I replied, arching an eyebrow, little Ms. Perfect had a rap sheet, and the delinquent one, that would be me, was an upstanding citizen. Oh, the irony.

“Oh, my baby,” wooed mother, smoothing out her disheveled hair, “it’s Ok.”

“I turned into the thing I hated the most,” Anabel blubbered, realizing who she had become, another version of Hilda the Gorilla.
“A bully!”

“You’re not a bully,” I said calmly with a note of sarcasm in my voice, knowing that the truth hurts. “Maybe teetering on the edge of control freak and self-absorbed, but
you’re
not a bully.”

“Yes, I am,” she whined, a waterfall of tears gushed down her cheeks. “I’ve been so horrible to you. With me trying to control everything and even with what happened to you that night with your manager. Not believing you and all.”

“Girls!”
Granny wailed louder, her silvery eyes darted back and forth to the MääGord standing stones.

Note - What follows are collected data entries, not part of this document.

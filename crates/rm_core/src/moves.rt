ghost use Rattle.std.specs.Prelude.{◌≡◌, ℕ, ◌≢◌, ◌↔◌, ◌+◌, ◌<◌, ◌≤◌, ◌^◌, List, [], ◌∷◌, ◌++◌, length, IfOk, OnOk, OnErr, IfErr, IsErrOf, Err, true, false};
ghost use Rattle.rm_types.specs.declared.entries.Entry.{Entry};
ghost use Rattle.rm_types.specs.declared.ids.AppId.{AppId};
ghost use Rattle.rm_types.specs.declared.ids.ContainerId.{ContainerId};
ghost use Rattle.rm_types.specs.declared.messages.Lane.{Lane};
ghost use Rattle.rm_types.specs.declared.operations.Op.{Op as AnyOp};
ghost use Rattle.rm_types.specs.declared.replies.Reply.{Reply as AnyReply};
ghost use Rattle.rm_types.specs.Records.{fits_records, recorded};
ghost use Rattle.rm_types.specs.Limits.{most_served};
ghost use Rattle.rm_model.specs.Facts.{attempts_in};
ghost use Rattle.rm_tables.specs.declared.events.MainEvent.{MainEvent};
ghost use Rattle.rm_tables.specs.declared.events.SchedEvent.{SchedEvent};
ghost use Rattle.rm_tables.specs.Actions.{found_in, main_worked, sched_worked};
ghost use Rattle.rm_tables.specs.KeptOps.{kept};
ghost use Rattle.rm_tables.specs.Lives.{begun, tables_gone_down, handed_out, is_ready_lane, may_go_down, refused};
ghost use Rattle.rm_tables.specs.MainEvents.{main_step};
ghost use Rattle.rm_tables.specs.SchedEvents.{EndsByEvent, sched_step};
ghost use Rattle.rm_sched.specs.CanWork.{AreFew, CanPass};
ghost use Rattle.rm_invariant.specs.messages.Ranges.{IsMessage};
ghost use Rattle.rm_invariant.specs.bounds.InBounds.{InBounds};
ghost use Rattle.rm_core.specs.Queues.{after_answer, landed_in, own_tree, served_moved, tree_landed};
ghost use Rattle.rm_core.specs.Serving.{IsOpenReply, IsReply, IsServed};

use rm_queues::QueueTree;
use rm_tables::{Refused, Tables};
use rm_tree::{Tree, TreeError};
use rm_types::{Boxed, Duplicate, Entry, Items, Lane, Message, NoMemory, Op, Reply};

// Each move takes the room for its entry first, so that the tables and the log change together or not at all.

/// How many of the awaiting operations a tree shows after a life that blew: the first, or none.
pub fn landed_in(t: &Tables, tree: &Tree) -> u32
    ensures { result ≡ landed_in t.now tree.now }
{
    if !t.blown {
        return 0;
    }
    match t.awaiting.first() {
        Some(op) if tree.shows(op) => 1,
        _ => 0,
    }
}

/// A copy of what is recorded, with the first awaiting operation where it landed.
pub fn with_landed(t: &Tables, landed: u32) -> Result<Tree, NoMemory>
    requires one { landed ≤ 1 }
    requires fits { landed ≡ 1 → (op : AnyOp) (rest : List AnyOp) → t.now.awaiting ≡ op ∷ rest → fits_records t.now.tree op ≡ true }
    ensures { IfOk result (λ own. own ≡ tree_landed landed t.now) }
{
    let own = dense_copy(&t.tree)?;
    if landed == 0 {
        return Ok(own);
    }
    match t.awaiting.first() {
        Some(op) => with_op(own, op),
        None => Ok(own),
    }
}

/// A copy in which the record at a place is found without a walk.
fn dense_copy(tree: &Tree) -> Result<Tree, NoMemory>
    ensures { IfOk result (λ copy. copy ≡ tree.now) }
{
    let mut copy = tree.copy()?;
    // What a life removed left gaps.
    copy.close_gaps();
    Ok(copy)
}

/// What is recorded once an operation is kept that fits it.
fn with_op(mut tree: Tree, op: &Op) -> Result<Tree, NoMemory>
    requires { fits_records tree op.now ≡ true }
    ensures { IfOk result (λ after. after ≡ recorded tree op.now) }
{
    match tree.apply(op) {
        Ok(()) => Ok(tree),
        Err(TreeError::Memory) => Err(NoMemory),
        Err(TreeError::Stray) => unreachable!(),
    }
}

/// What a life begins over: the first one over what is handed to it, a later one over what the manager itself has recorded, with
/// what landed.
pub fn own_tree(log: &Items<Entry>, t: &Tables, landed: u32, tree: Tree) -> Result<Tree, NoMemory>
    requires one { landed ≤ 1 }
    requires fits { landed ≡ 1 → (op : AnyOp) (rest : List AnyOp) → t.now.awaiting ≡ op ∷ rest → fits_records t.now.tree op ≡ true }
    requires landed { landed ≡ landed_in t.now tree }
    ensures { IfOk result (λ own. own ≡ own_tree log.now t.now tree) }
{
    if log.is_empty() {
        return Ok(tree);
    }
    with_landed(t, landed)
}

/// A life begins over these records; so many of the operations that awaited are among them.
pub fn begin(
    t: &mut Tables,
    log: &mut Items<Entry>,
    landed: u32,
    tree: Tree,
    stamp: u64,
) -> Result<(), Refused>
    ensures ok { OnOk result ((t.new ≡ begun tree stamp t.old) × (log.new ≡ log.old ++ Entry.Opened landed tree.next_epoch stamp ∷ [])) }
    ensures ready { result ≢ Err Refused.NotReady }
    ensures err { OnErr result ((t.new ≡ t.old) × (log.new ≡ log.old)) }
{
    log.push_made(
        t,
        |t: &mut Tables| -> Result<Entry, Refused>
            ensures ok { IfOk result (λ entry. (entry ≡ Entry.Opened landed tree.next_epoch stamp) × (t.new ≡ begun tree stamp t.old)) }
            ensures err { OnErr result (t.new ≡ t.old) }
            ensures memory { IfErr result (λ error. error ≡ Refused.Memory) }
        {
            let epoch = tree.next_epoch();
            t.begin(tree, stamp)?;
            Ok(Entry::Opened {
                landed,
                epoch,
                stamp,
            })
        },
    )
}

/// The first event of the main queue is worked off.
pub fn main(t: &mut Tables, log: &mut Items<Entry>) -> Result<(), Refused>
    requires epoch { is_ready_lane t.old Lane.Main ≡ true → t.old.epoch + 1 < 2 ^ 32 }
    requires few { is_ready_lane t.old Lane.Main ≡ true → (id : AppId) → length (attempts_in (found_in t.old id)) + 1 < 2 ^ 32 }
    ensures ok { OnOk result ((event : MainEvent) (rest : List MainEvent) → t.old.main ≡ event ∷ rest → (t.new ≡ (main_worked (main_step event t.old)).1) × (log.new ≡ log.old ++ (main_worked (main_step event t.old)).0 ∷ [])) }
    ensures some { OnOk result (t.old.main ≢ []) }
    ensures not_ready { IsErrOf result Refused.NotReady ↔ (is_ready_lane t.old Lane.Main ≡ false) }
    ensures err { OnErr result ((t.new ≡ t.old) × (log.new ≡ log.old)) }
{
    if !t.is_ready(Lane::Main) {
        return Err(Refused::NotReady);
    }
    log.push_made(
        t,
        |t: &mut Tables| -> Result<Entry, Refused>
            requires epoch { t.old.epoch + 1 < 2 ^ 32 }
            requires few { (id : AppId) → length (attempts_in (found_in t.old id)) + 1 < 2 ^ 32 }
            ensures ok { (event : MainEvent) (rest : List MainEvent) → t.old.main ≡ event ∷ rest → IfOk result (λ entry. (entry, t.new) ≡ main_worked (main_step event t.old)) }
            ensures ready { IsErrOf result Refused.NotReady → t.old.main ≡ [] }
            ensures some { t.old.main ≡ [] → result ≡ Err Refused.NotReady }
            ensures err { OnErr result (t.new ≡ t.old) }
        { rm_dispatch::front(t) },
    )
}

“Anabel,” I said in a matter-of-fact tone, kneeling beside her, pinching her chin, “life is not perfect and it will never be. We are all flawed beings. Sometimes,” holding out my bare wrists for her to see, “we all have to show our scars and be proud of them.  It’s Ok. You finally showed your scar, it’s going to be alright.”

Anabel nodded in agreement, wiping away the tears rippling down her face.

“Now stop this nonsense and go kick some demon arse!” I yelled.

Anabel giggled, her hands bracing onto Blane’s shoulder as she fumbled to her feet. “You were right all along, Izzy.”

Granny prodded mother with her vapor finger. “Now, that’s what I call heart,” she smirked brightly.

Anabel slipped back down to the ground, a look of dread crawled across her face. “I can’t do it alone,” she sighed, gazing into my eyes, her hand shot out to me, wanting me to grab hold. “Help me, Izzy.”

“We’ll do it together!” I affirmed, clapping my hand into hers, our fingers intertwining strongly.

Anabel’s fingers flickered softly in the air, waving them above the Moon Pendant. In quick majestic swoosh, the Moon Pendant unclasped, slipping off her delicate neck, levitating through the air like a feather, descending onto my tattooed neck.

My eyes closed, whispering, “Wind of MääGord, lift me. Earth of MääGord, build me. Water of MääGord, wash me. Fire of MääGord, bind me!” I felt the Moon Pendant’s threadlike tendrils prick at my skin, its roots burrowing deep into my body, making itself right at home.

My fingers clenched into a powerful fist. My body surged with pure energy.

I was empowered. I was strong.

I was pissed…

 

Chapter 26

♦♦♦

Izzy

My stormy eyes burst open.

I was Izzy MacAlpin, Guardian of the Moon Pendant.

“Go!” hollered mother, a frantic look brewing in her crazed eyes, clutching her shotgun tightly,
her
knuckles blanched, spitting impatiently. “Teach that demon who she’s dealing with!”